Jawaban itu membuat Ustaz Awi terdiam. Rasa terkejut bercampur takjub. Bagaimana tidak, sementara kakinya mulai berat dan tubuhnya terasa melemah, warga di depannya tetap melangkah ringan. Wajah mereka tenang tanpa gurat kelelahan sedikit pun, seolah stamina mereka tak pernah habis.
Hari itu, ia memutuskan mengikuti warga mencari hasil hutan, salah satunya petai di TNBT. Dalam pikirannya, perjalanan itu akan seperti pendakian biasa, mungkin melelahkan, tapi bisa diukur. Namun, kenyataannya jauh di luar dugaan.
Ritme berjalan para warga begitu cepat dan stabil. Mereka menanjak dan menuruni lereng curam tanpa ragu, seolah medan berat itu hanyalah jalan biasa di depan rumah. Sementara Ustaz Awi harus berjuang keras menjaga keseimbangan di antara bebatuan licin dan akar-akar besar yang melintang.

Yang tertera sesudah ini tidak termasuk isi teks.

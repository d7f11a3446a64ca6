//! A step that a stop cuts off amid its records is joined with the abstract machine.
#![tactic(auto)]

ghost use Rattle.birth_laws.specs.Births.{BirthsOfRuns};
ghost use Rattle.book_laws.specs.Books.{StepsAreBooked};
ghost use Rattle.channel_laws.specs.Whole.{PartsLead};
ghost use Rattle.cut_join_laws.specs.CutSteps.{CutStepsKeepRoles};
ghost use Rattle.epoch_laws.specs.Answers.{AnswersOfRuns};
ghost use Rattle.join_laws.specs.Roles.{RequestsStay};
ghost use Rattle.join_laws.specs.Steps.{ChannelsClose};
ghost use Rattle.line_join_laws.specs.Cuts.{HeardMovesStand};
ghost use Rattle.line_join_laws.specs.Chains.{MovesJoin};
ghost use Rattle.line_join_laws.specs.Falls.{FallenNodesJoin};
ghost use Rattle.line_join_laws.specs.Lines.{CutStepsJoin};
ghost use Rattle.recovery_laws.specs.Answered.{AnswersAreToQuestions};
ghost use Rattle.stop_laws.specs.Steps.{StopsAmidLists};

/// The laws that are used.
fn laws_below()
    ensures once { AnswersOfRuns }
    ensures births { BirthsOfRuns }
    ensures answers { AnswersAreToQuestions }
    ensures closes { ChannelsClose }
    ensures requests { RequestsStay }
    ensures moves { MovesJoin }
    ensures stand { HeardMovesStand }
    ensures stops { StopsAmidLists }
    ensures parts { PartsLead }
    ensures booked { StepsAreBooked }
    ensures fallen { FallenNodesJoin }
{
    epoch_laws::each_epoch_has_one_answer();
    birth_laws::each_birth_has_one_mate();
    recovery_laws::answers_are_to_questions();
    join_laws::channels_close();
    join_laws::requests_stay();
    line_join_laws::moves_join();
    line_join_laws::heard_moves_stand();
    stop_laws::stops_amid_lists();
    channel_laws::parts_of_steps_lead();
    book_laws::steps_are_booked();
    line_join_laws::fallen_nodes_join();
}

/// Where a stop cuts off a step, from a world that is joined, the world is joined again: in the machine the node stops. It keeps records there that are allowed in the world before the step, and they make its
/// book the one that the first records of the step left: those of its first moves, or amid the answer to a query those of the first calls
/// that end by it.
pub fn cut_steps_join()
    ensures { CutStepsJoin }
{
    laws_below();
}

/// A node that falls keeps its role: so where requests are of LACs alone, they are so too where a stop cut off a step or a start.
pub fn cut_steps_keep_roles()
    ensures { CutStepsKeepRoles }
{
    laws_below();
}
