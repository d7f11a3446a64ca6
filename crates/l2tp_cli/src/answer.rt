//! What a text comes to.

ghost use Rattle.std.specs.Prelude.{◌≡◌, IfOk};
ghost use Rattle.schedule_text.specs.Reading.{lines_of};
ghost use Rattle.world_model.specs.Run.{run};
ghost use Rattle.l2tp_cli.specs.Due.{due, refused, due_of_run, due_of_lines};

use crate::exit::Exit;
use crate::texts::bad_line_text;
use schedule_replay::replay;
use schedule_text::{Line, ScheduleError, read_schedule};
use std::alloc::Global;
use wire_base::{Bytes, NoMemory};
use world_model::Refusal;

/// How a command ends, and the text that it writes before.
#[derive(Drop)]
pub struct Answer {
    pub exit: Exit,
    pub text: Bytes,
}

/// How a run ends at a line that is refused.
fn refused(line: u64, refusal: Refusal) -> Exit
    ensures { result ≡ refused line refusal }
{
    match refusal {
        Refusal::Unfit { why } => Exit::Unfit { line, why },
        Refusal::HalfSpace { number, count } => Exit::HalfSpace {
            line,
            number,
            count,
        },
        Refusal::Stale {
            packet_epoch,
            own_epoch,
        } => Exit::Stale {
            line,
            packet_epoch,
            own_epoch,
        },
        Refusal::StoreFull { records } => Exit::StoreFull { records },
    }
}

/// Runs the lines of a schedule.
#[tactic(auto, unfolding(crate::specs::Due::due_of_run))]
fn answer_to_lines(alloc: Global, lines: &[Line]) -> Result<Answer, NoMemory>
    ensures { IfOk result (λ a. due a.exit a.text ≡ due_of_run (run lines.now)) }
{
    let replayed = replay(alloc, lines)?;
    let exit = match replayed.fault {
        None => Exit::Ok,
        Some((line, refusal)) => refused(line, refusal),
    };
    Ok(Answer {
        exit,
        text: replayed.report,
    })
}

/// Runs the schedule that a text spells, or tells its first bad line.
#[tactic(auto, unfolding(crate::specs::Due::due_of_lines))]
pub fn answer_to(alloc: Global, text: &[u8]) -> Result<Answer, NoMemory>
    ensures { IfOk result (λ a. due a.exit a.text ≡ due_of_lines (lines_of text.now)) }
{
    match read_schedule(alloc, text) {
        Ok(lines) => answer_to_lines(alloc, lines.as_slice()),
        Err(ScheduleError::BadLine { line }) => Ok(Answer {
            exit: Exit::BadLine { line },
            text: bad_line_text(alloc, line)?,
        }),
        Err(ScheduleError::NoMemory) => Err(NoMemory),
    }
}
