//! The numbers of a channel's letters, without the letters.

ghost use Rattle.std.specs.Prelude.{◌≡◌, ◌<◌, ◌≤◌, ◌↔◌, ◌-◌, nat_le, IsTrue, IfSome};
ghost use Rattle.send_window.specs.Window.{opened_at, one_more, acked_at, count_acked, let_go_at, next_to_go, ticked_at, answer_to_tick, learnt_by, next_unsent, next_given, place_of, wait_after, due_of, Holds, HoldsRepeated};

use crate::congestion::Congestion;
use std::marker::Model;

/// How many letters a channel may hold that are unacknowledged or unsent.
pub const LIMIT: usize = 8192;

/// How often a letter is repeated before the channel fails.
const REPETITIONS: u8 = 5;

/// What the timer asks for.
#[derive(Clone, Copy, Debug)]
pub enum Tick {
    /// Nothing is due.
    Quiet,
    /// The letter with this number, the oldest that is outstanding, is to be sent again, alone.
    Again { number: u64 },
    /// The letter with this number was repeated five times in vain: the channel has failed.
    Failed { first: u64 },
}

/// The numbers of a channel's letters, with the window and the timer. It is an `Outbox` without its letters, on a copy of
/// which a step can be tried out. Numbers count on without end, modulo 2^64; on the wire they stand modulo 65536. Moments
/// are in milliseconds; where a given one is below a kept one, no time has passed.
#[derive(Clone, Copy)]
pub struct SendWindow {
    acked: u64,
    queued: usize,
    outstanding: usize,
    congestion: Congestion,
    since: u64,
    repetitions: u8,
}

impl Model for SendWindow {
    ghost use Rattle.send_window.specs.Kept.{Window, IsBounded};

    ghost Value = { Window };

    ghost view = { λ w. record { acked = w.acked; queued = w.queued; outstanding = w.outstanding; congestion = w.congestion; since = w.since; repetitions = w.repetitions } };

    ghost inverse = { λ w. record { acked = w.acked; queued = w.queued; outstanding = w.outstanding; congestion = w.congestion; since = w.since; repetitions = w.repetitions } };

    ghost invariant = { λ w. IsBounded w.queued w.outstanding w.congestion w.repetitions };
}

impl SendWindow {
    /// No letters: the first one given has the number `first`. The window is that of the peer, in letters.
    pub fn new(first: u16, window: u16) -> SendWindow
        requires { 0 < window }
        ensures { result ≡ opened_at first window }
    {
        SendWindow {
            acked: u64::from(first),
            queued: 0,
            outstanding: 0,
            congestion: Congestion::open(window),
            since: 0,
            repetitions: 0,
        }
    }

    /// The window of the peer, in letters, as far as it is known.
    pub fn peer_window(&self) -> u16
        ensures { result ≡ self.now.congestion.peer_window }
    {
        self.congestion.peer_window
    }

    /// Whether as many letters as a channel may hold are unacknowledged or unsent.
    pub fn is_full(&self) -> bool
        ensures { result ≡ nat_le 8192 self.now.queued }
    {
        self.queued >= LIMIT
    }

    /// Counts a letter that is given to the channel; it takes the next number.
    pub fn put(&mut self)
        requires { self.old.queued < 8192 }
        ensures { self.new ≡ one_more self.old }
    {
        self.queued += 1;
    }

    /// Takes the Nr of a message of the peer, and says how many letters it newly acknowledges.
    pub fn ack(&mut self, nr: u16, now: u64) -> u64
        ensures count { result ≡ count_acked self.old nr }
        ensures value { self.new ≡ acked_at self.old nr now }
        ensures within { result ≤ self.old.queued }
        ensures left { self.new.queued ≡ self.old.queued - result }
    {
        let expected = (self.acked % 65536) as u16;
        let count = usize::from(nr.wrapping_sub(expected));
        if count == 0 || count > self.outstanding {
            return 0;
        }
        self.acked = self.acked.wrapping_add(count as u64);
        self.queued -= count;
        self.outstanding -= count;
        self.congestion = self.congestion.grow_by(count);
        self.since = now;
        self.repetitions = 0;
        count as u64
    }

    /// The number of the next letter that the window lets go, which is outstanding from then on.
    pub fn pump(&mut self, now: u64) -> Option<u64>
        ensures number { result ≡ next_to_go self.old }
        ensures value { self.new ≡ let_go_at self.old now }
        ensures there { IfSome result (λ n. Holds self.new n) }
    {
        if self.outstanding >= self.queued
            || self.outstanding >= usize::from(self.congestion.window)
        {
            return None;
        }
        if self.outstanding == 0 {
            self.since = now;
            self.repetitions = 0;
        }
        let number = self.next_unsent();
        self.outstanding += 1;
        Some(number)
    }

    /// What is due at a moment: nothing, one repetition, or the failure of the channel. A letter is repeated 1, 2, 4, 8
    /// and 8 seconds after the last time, and the channel has failed 8 seconds later.
    pub fn tick(&mut self, now: u64) -> Tick
        ensures answer { result ≡ answer_to_tick self.old now }
        ensures value { self.new ≡ ticked_at self.old now }
        ensures there { HoldsRepeated self.new result }
    {
        if self.outstanding == 0 || now.saturating_sub(self.since) < wait_after(self.repetitions) {
            return Tick::Quiet;
        }
        if self.repetitions >= REPETITIONS {
            return Tick::Failed { first: self.acked };
        }
        self.repetitions += 1;
        self.since = now;
        self.congestion = self.congestion.halve();
        Tick::Again { number: self.acked }
    }

    /// The moment from which on the timer asks for something, in milliseconds; None where nothing is outstanding.
    pub fn due(&self) -> Option<u64>
        ensures { result ≡ due_of self.now }
    {
        if self.outstanding == 0 {
            return None;
        }
        Some(self.since.saturating_add(wait_after(self.repetitions)))
    }

    /// Forgets all letters: the numbers go on from `first`, and the peer's window stays.
    pub fn reset(&mut self, first: u16)
        ensures { self.new ≡ opened_at first self.old.congestion.peer_window }
    {
        *self = SendWindow::new(first, self.congestion.peer_window);
    }

    /// Sets the peer's window, in letters, and the threshold to it; a congestion window above it is lowered to it.
    pub fn learn_window(&mut self, window: u16)
        requires { 0 < window }
        ensures { self.new ≡ learnt_by self.old window }
    {
        self.congestion = self.congestion.learn(window);
    }

    /// The number of the next letter to be given.
    pub fn sent_count(&self) -> u64
        ensures { result ≡ next_given self.now }
    {
        self.acked.wrapping_add(self.queued as u64)
    }

    /// The number of the first letter that isn't acknowledged, or of the next one to be given.
    pub fn acked_count(&self) -> u64
        ensures { result ≡ self.now.acked }
    {
        self.acked
    }

    /// The number of the first letter that was never on the wire, or of the next one to be given. It is the Ns of an
    /// acknowledgement without a message.
    pub fn next_unsent(&self) -> u64
        ensures { result ≡ next_unsent self.now }
    {
        self.acked.wrapping_add(self.outstanding as u64)
    }

    /// The place, from 0, of the letter with a number among those that are unacknowledged or unsent.
    pub fn place(&self, number: u64) -> u64
        ensures { result ≡ place_of self.now number }
    {
        number.wrapping_sub(self.acked)
    }

    /// Whether the letter with a number is unacknowledged or unsent.
    pub fn holds(&self, number: u64) -> bool
        ensures { IsTrue result ↔ Holds self.now number }
    {
        self.place(number) < self.queued as u64
    }

    /// How many letters are unacknowledged or unsent; at most 8,192.
    pub fn queued(&self) -> usize
        ensures value { result ≡ self.now.queued }
        ensures few { result ≤ 8192 }
    {
        self.queued
    }

    /// How many of them are on the wire.
    pub fn outstanding(&self) -> usize
        ensures value { result ≡ self.now.outstanding }
        ensures there { result ≤ self.now.queued }
    {
        self.outstanding
    }
}

// The wait in milliseconds after so many repetitions.
fn wait_after(repetitions: u8) -> u64
    ensures { result ≡ wait_after repetitions }
{
    match repetitions {
        0 => 1000,
        1 => 2000,
        2 => 4000,
        _ => 8000,
    }
}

Suku Talang Mamak adalah suku pedalaman Riau yang menggantungkan hidupnya secara tradisional di sepanjang aliran Sungai Indragiri dan kawasan Taman Nasional Tiga Puluh (TNBT).
Tanpa pencahayaan dan jaringan, mereka memutar perekonomian dengan mengambil damar, getah pohon besar, serta hasil hutan lain yang bisa dijual, seperti petai.

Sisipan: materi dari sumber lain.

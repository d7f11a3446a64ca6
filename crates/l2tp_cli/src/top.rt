//! The top call.

ghost use Rattle.std.specs.Prelude.{◌≡◌, map, string_bytes};
ghost use Rattle.l2tp_cli.specs.declared.words.Asked.TheVariants as asked;
ghost use Rattle.l2tp_cli.specs.Words.{asked_of};
ghost use Rattle.l2tp_cli.specs.Ends.{Ends, Tells};
ghost use Rattle.l2tp_cli.specs.Runs.{Calm, Facts, Headline, Origins};

use crate::answer::answer_to;
use crate::exit::Exit;
use crate::texts::{HELP, READ_FAULT, USAGE, VERSION, too_long_text};
use crate::words::{Asked, asked_of};
use port_traits::{ReadError, Sink, Source, read_text, write_all};
use std::alloc::Global;

/// Writes a text, and gives the exit that goes with it, or a write fault.
pub(crate) fn tell<K: Sink>(sink: &mut K, text: &[u8], exit: Exit) -> Exit
    ensures { Tells result exit text.now (K.faults sink.old) (K.faults sink.new) (K.taken sink.old) (K.taken sink.new) }
{
    match write_all(sink, text) {
        Ok(()) => exit,
        Err(_) => Exit::WriteFault,
    }
}

/// Runs the schedule that the source has, and writes its report to the sink.
fn run<S: Source, K: Sink>(alloc: Global, source: &mut S, sink: &mut K) -> Exit
    ensures { Ends asked.Replay result (record {
      left = S.left source.old;
      left_after = S.left source.new;
      source_before = S.faults source.old;
      source_after = S.faults source.new;
      sink_before = K.faults sink.old;
      sink_after = K.faults sink.new;
      taken_before = K.taken sink.old;
      taken_after = K.taken sink.new;
    }) }
{
    let text = match read_text(alloc, source) {
        Ok(text) => text,
        Err(ReadError::Fault) => return tell(sink, READ_FAULT, Exit::ReadFault),
        Err(ReadError::TooLong { lines }) => {
            let Ok(text) = too_long_text(alloc, lines) else {
                return Exit::NoMemory;
            };
            return tell(sink, text.as_slice(), Exit::TooLong { lines });
        }
        Err(ReadError::NoMemory) => return Exit::NoMemory,
    };
    match answer_to(alloc, text.as_slice()) {
        Ok(answer) => tell(sink, answer.text.as_slice(), answer.exit),
        Err(_) => Exit::NoMemory,
    }
}

/// Runs the command that the words ask for.
fn command<S: Source, K: Sink>(
    alloc: Global,
    words: &[String],
    source: &mut S,
    sink: &mut K,
) -> Exit
    ensures { Ends (asked_of (map string_bytes words.now)) result (record {
      left = S.left source.old;
      left_after = S.left source.new;
      source_before = S.faults source.old;
      source_after = S.faults source.new;
      sink_before = K.faults sink.old;
      sink_after = K.faults sink.new;
      taken_before = K.taken sink.old;
      taken_after = K.taken sink.new;
    }) }
{
    match asked_of(words) {
        Asked::Replay => run(alloc, source, sink),
        Asked::Help => tell(sink, HELP, Exit::Ok),
        Asked::Version => tell(sink, VERSION, Exit::Ok),
        Asked::Nothing => tell(sink, USAGE, Exit::Usage),
    }
}

/// Runs the command that the words after the program's name ask for, over a source and a sink.
///
/// For `replay` it reads a schedule to its end, or to where it passes a limit, runs it, and writes the report of the run.
/// `--help` and `--version` write their texts; other words write how the program is used.
///
/// What the clause `ends` says is of this call. The others speak of the run of every list of lines of the grammar, crashes among them,
/// whether this text spells it or another, or none has room for it:
///
/// - `headline`, of those of fewer than 2^47 lines, as those of each text within the limits are: each PPP frame that is handed up
///   was sent in that call by its other end; ends that agree hold the same established sessions; and every call request is
///   answered by the tables, each refusal's cause standing;
/// - `facts`, of what that rests on: nodes and their checkpoints, epochs and letters, marks, calls, and cells;
/// - `origins`, of the frames and the requests of those of any length;
/// - `calm`, of those without crashes: what control connections carry.
pub fn replay_top<S: Source, K: Sink>(
    alloc: Global,
    words: &[String],
    source: &mut S,
    sink: &mut K,
) -> Exit
    ensures ends { Ends (asked_of (map string_bytes words.now)) result (record {
      left = S.left source.old;
      left_after = S.left source.new;
      source_before = S.faults source.old;
      source_after = S.faults source.new;
      sink_before = K.faults sink.old;
      sink_after = K.faults sink.new;
      taken_before = K.taken sink.old;
      taken_after = K.taken sink.new;
    }) }
    ensures headline { Headline }
    ensures facts { Facts }
    ensures origins { Origins }
    ensures calm { Calm }
{
    schedule_text::lines_are_a_schedule();
    frame_laws::reports_tell_the_past();
    frame_laws::frames_were_sent();
    frame_laws::sent_frames_are_packets();
    frame_laws::facts_hold();
    frame_laws::looks_are_true();
    frame_laws::held_frames_were_sent();
    frame_laws::moves_are_main();
    connection_laws::letters_are_carried();
    connection_laws::acks_are_true();
    connection_laws::numbers_are_read();
    request_laws::calls_are_asked_for_once();
    request_laws::requests_are_taken_once();
    cause_laws::tunnels_have_room();
    cause_laws::no_end_has_too_many_tunnels();
    cause_laws::no_call_is_left();
    cause_laws::reports_tell_true_causes();
    cause_laws::requests_are_answered_in_runs();
    node_laws::books_are_of_ends();
    node_laws::records_are_in_place();
    node_laws::ids_are_above_ceilings();
    node_laws::tunnels_outlive_crashes();
    recovery_laws::sessions_go_once();
    recovery_laws::marks_never_fall();
    session_laws::ends_that_agree_hold_the_same();
    run_join_laws::worlds_are_joined();
    run_join_laws::runs_agree();
    run_join_laws::runs_cover();
    run_join_laws::runs_know();
    run_join_laws::runs_hear();
    run_join_laws::births_are_of_one_call();
    run_join_laws::calls_know_their_mates();
    stranger_laws::strangers_change_no_call();
    stranger_laws::lines_leave_others_alone();
    fact_laws::epochs_rise();
    fact_laws::epochs_enter_anew();
    fact_laws::marks_cover_draws();
    fact_laws::cells_are_booked();
    fact_laws::ids_are_drawn_once();
    command(alloc, words, source, sink)
}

Di tengah penduduk pedalaman inilah dai Dewan Dakwah, Ustaz Awi Andrizal, memulai perjalanan dakwahnya, tepatnya di Dusun Nunusan, Desa Rantau Langsat, Kecamatan Batang Gangsal, Kabupaten Indragiri Hulu, Riau.

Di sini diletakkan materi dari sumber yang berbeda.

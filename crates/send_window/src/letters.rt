//! The letters of a channel, without their numbers.

ghost use Rattle.std.specs.Prelude.{◌≡◌, ◌<◌, ◌≤◌, length, IfOk, OnOk, OnErr, IsOk, option_copied};
ghost use Rattle.send_window.specs.Queue.{no_letters, reserved, put_into, dropped_first, cleared, letter_in};

use std::alloc::Global;
use std::collections::VecDeque;
use std::marker::Model;
use wire_base::{Bytes, Letter, NoMemory};

/// The letters of a channel that are unacknowledged or unsent, in the order of their numbers. Room for letters can be made
/// ahead, and putting a letter in then takes no memory. A call takes constant time, `reserve` where it is spread over the
/// letters put, and `drop_first` and `clear` a time in proportion to the letters that go.
#[derive(Drop)]
pub struct Letters {
    kept: VecDeque<Letter>,
    spare: usize,
}

impl Model for Letters {
    ghost use Rattle.std.specs.Prelude.{◌≤◌, ◌+◌, length};
    ghost use Rattle.std.specs.VecDeque.{deque_capacity};
    ghost use Rattle.send_window.specs.Queue.{Queue};

    ghost Value = { Queue };

    ghost view = { λ l. record { letters = l.kept.items; spare = l.spare } };

    ghost invariant = { λ l. length l.kept.items + l.spare ≤ deque_capacity l.kept };
}

// A copy of a letter.
fn copy_letter(alloc: Global, letter: &Letter) -> Result<Letter, NoMemory>
    ensures { IfOk result (λ copy. copy ≡ letter.now) }
{
    let avps = Bytes::from_slice(alloc, letter.avps.as_slice())?;
    Ok(Letter {
        session: letter.session,
        avps,
    })
}

impl Letters {
    /// No letters, and no room. It takes no memory.
    pub fn new(alloc: Global) -> Letters
        ensures { result ≡ no_letters }
    {
        Letters {
            kept: VecDeque::new(alloc),
            spare: 0,
        }
    }

    /// Makes room for so many letters at least. Where memory is wanting, all is as before.
    pub fn reserve(&mut self, count: usize) -> Result<(), NoMemory>
        ensures ok { OnOk result (self.new ≡ reserved self.old count) }
        ensures err { OnErr result (self.new ≡ self.old) }
        ensures there { count ≤ self.old.spare → IsOk result }
    {
        self.kept.try_reserve(count)?;
        self.spare = self.spare.max(count);
        Ok(())
    }

    /// Puts a letter behind the others, where there is room for one. It takes no memory.
    pub fn put(&mut self, letter: Letter)
        requires { 0 < self.old.spare }
        ensures { self.new ≡ put_into self.old letter }
    {
        let Ok(()) = self.kept.push_back(letter) else {
            unreachable!()
        };
        self.spare -= 1;
    }

    /// Drops so many letters, the first ones. Their memory goes back, and the list's own where it is empty and there is no
    /// room.
    pub fn drop_first(&mut self, count: usize)
        requires { count ≤ length self.old.letters }
        ensures { self.new ≡ dropped_first self.old count }
    {
        self.kept.drain(..count);
        self.give_back();
    }

    /// Drops all letters. The room stays.
    pub fn clear(&mut self)
        ensures { self.new ≡ cleared self.old }
    {
        self.kept.clear();
        self.give_back();
    }

    // Gives the memory of an empty list back, where no room was made.
    fn give_back(&mut self)
        ensures { self.new ≡ self.old }
    {
        if self.kept.is_empty() && self.spare == 0 {
            self.kept.shrink_to_fit();
        }
    }

    /// The letter at a place, from 0; None where there are no more than so many.
    pub fn get(&self, place: usize) -> Option<&Letter>
        ensures { option_copied result ≡ letter_in self.now place }
    {
        self.kept.get(place)
    }

    /// How many letters there are.
    pub fn len(&self) -> usize
        ensures { result ≡ length self.now.letters }
    {
        self.kept.len()
    }

    /// A copy, with as much room: a step is planned on it, and where memory is wanting, nothing has changed. It takes a time in
    /// proportion to the bytes of the letters.
    pub fn copy(&self, alloc: Global) -> Result<Letters, NoMemory>
        ensures { IfOk result (λ copy. copy ≡ self.now) }
    {
        let mut copy = Letters::new(alloc);
        for place in 0..self.kept.len() {
            let Some(letter) = self.kept.get(place) else {
                unreachable!()
            };
            let letter = copy_letter(alloc, letter)?;
            copy.reserve(1)?;
            copy.put(letter);
        }
        copy.reserve(self.spare)?;
        Ok(copy)
    }
}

Perjalanan Ekstrem ke Dusun Nunusan, Desa yang Tidak Terdata di Maps
Entah sudah kali keberapa Ustaz Awi dan rombongan turun dari perahu kayu yang mereka tumpangi saat menyusuri Sungai Batang Gansal agar perahu tersebut lebih ringan ketika melewati arus jeram.
“Perjalanan menuju lokasi dakwah sangat ekstrem karena melewati banyak batu-batu besar serta sungai yang deras. Beberapa kali kami turun dari perahu kayu agar perahu lebih ringan ketika melewati arus jeram tersebut,” ujar Ustaz Awi, awal November 2025.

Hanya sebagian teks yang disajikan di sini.